## WHAT NEEDS TO BE DONE
Looking through the entries, count each line where the string "Refusal" occurs, and write only the total.

## RECORDS FOR THIS EXERCISE
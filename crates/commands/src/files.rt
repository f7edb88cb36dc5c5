//! The files that commands name.

ghost use Rattle.std.specs.Prelude.{◌≡◌, ℕ, List, IfOk, IfErr, Err};
ghost use Rattle.commands.specs.Files.{IsRead, IsFileFault, IsOpened};

use debugger::Source;
use log::{Log, info};
use std::alloc::Global;
use thiserror::Error;

/// Why a file was not read.
#[derive(Clone, Copy, Debug, PartialEq, Eq, Error)]
pub enum FileFault {
    /// Refusal 44: it does not stand there, or reading it failed.
    #[error("the file was not read")]
    NotRead,
    /// Refusal 23: memory for its bytes could not be had.
    #[error("out of memory")]
    NoMemory,
}

/// Which of its files a command was to read.
#[derive(Clone, Copy, Debug, PartialEq, Eq)]
pub enum InputFile {
    Module,
    Plan,
    Schedule,
    /// The piece lines.
    Pieces,
}

/// What stands at a path, as far as it can be told without reading it.
#[derive(Clone, Copy, Debug, PartialEq, Eq)]
pub enum FileState {
    /// A file, which can be read again.
    Regular,
    /// A pipe or a device, of which no byte comes twice.
    Special,
    Folder,
    NotThere,
    NotAllowed,
    /// It can't be told.
    Unknown,
}

/// Where the files stand that a command names. What the system's files hold nobody can know beforehand; files for tests
/// can say it.
pub trait Files {
    ghost use Rattle.commands.specs.declared.files.FileFault.TheVariants.{NotRead};

    /// A file that is open for reading.
    type Stream: Source + Drop;

    /// The file at a path may have these bytes, from now on.
    ghost holds: { Self → List ℕ → List ℕ → Type 0 };

    /// The file at a path may fail to be read, from now on.
    ghost fails: { Self → List ℕ → Type 0 };

    /// The bytes of the file at that path; with `most`, the first of them, at most so many. No more memory is taken
    /// than these fill.
    fn read(&mut self, alloc: Global, path: &str, most: Option<usize>) -> Result<Vec<u8>, FileFault>
        ensures bytes { IfOk result (λ bytes. IsRead (holds self.old path.now) most bytes.items) }
        ensures not_read { result ≡ Err NotRead → fails self.old path.now }
        // What may be read later might have been read before.
        ensures still_holds { (other bytes : List ℕ) → holds self.new other bytes → holds self.old other bytes }
        ensures still_fails { (other : List ℕ) → fails self.new other → fails self.old other };

    /// What stands at that path now.
    fn state(&mut self, path: &str) -> FileState
        // What may be read later might have been read before.
        ensures still_holds { (other bytes : List ℕ) → holds self.new other bytes → holds self.old other bytes }
        ensures still_fails { (other : List ℕ) → fails self.new other → fails self.old other };

    /// Opens the file at that path, to read it from its first byte on.
    fn open(&mut self, alloc: Global, path: &str) -> Result<Self::Stream, FileFault>
        ensures opened { IfOk result (λ stream. IsOpened Self.Stream.brings Self.Stream.failed Self.Stream.ended (holds self.old path.now) (fails self.old path.now) stream) }
        ensures not_opened { result ≡ Err NotRead → fails self.old path.now }
        // What may be read later might have been read before.
        ensures still_holds { (other bytes : List ℕ) → holds self.new other bytes → holds self.old other bytes }
        ensures still_fails { (other : List ℕ) → fails self.new other → fails self.old other };
}

/// Notes that a file is read, and reads it; with `most`, only its beginning.
pub(crate) fn read_file<L: Log, F: Files>(
    rt: &L,
    alloc: Global,
    files: &mut F,
    path: &str,
    most: Option<usize>,
) -> Result<Vec<u8>, FileFault>
    ensures found { IfOk result (λ bytes. IsRead (F.holds files.old path.now) most bytes.items) }
    ensures refused { IfErr result (IsFileFault (F.fails files.old path.now)) }
    ensures still_holds { (other bytes : List ℕ) → F.holds files.new other bytes → F.holds files.old other bytes }
    ensures still_fails { (other : List ℕ) → F.fails files.new other → F.fails files.old other }
{
    info!(rt; "reads {path}");
    files.read(alloc, path, most)
}

/// Notes that a file is read, and opens it.
pub(crate) fn open_file<L: Log, F: Files>(
    rt: &L,
    alloc: Global,
    files: &mut F,
    path: &str,
) -> Result<F::Stream, FileFault>
    ensures opened { IfOk result (λ stream. IsOpened F.Stream.brings F.Stream.failed F.Stream.ended (F.holds files.old path.now) (F.fails files.old path.now) stream) }
    ensures refused { IfErr result (IsFileFault (F.fails files.old path.now)) }
{
    info!(rt; "reads {path}");
    files.open(alloc, path)
}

## REPLY TO THE TASK
2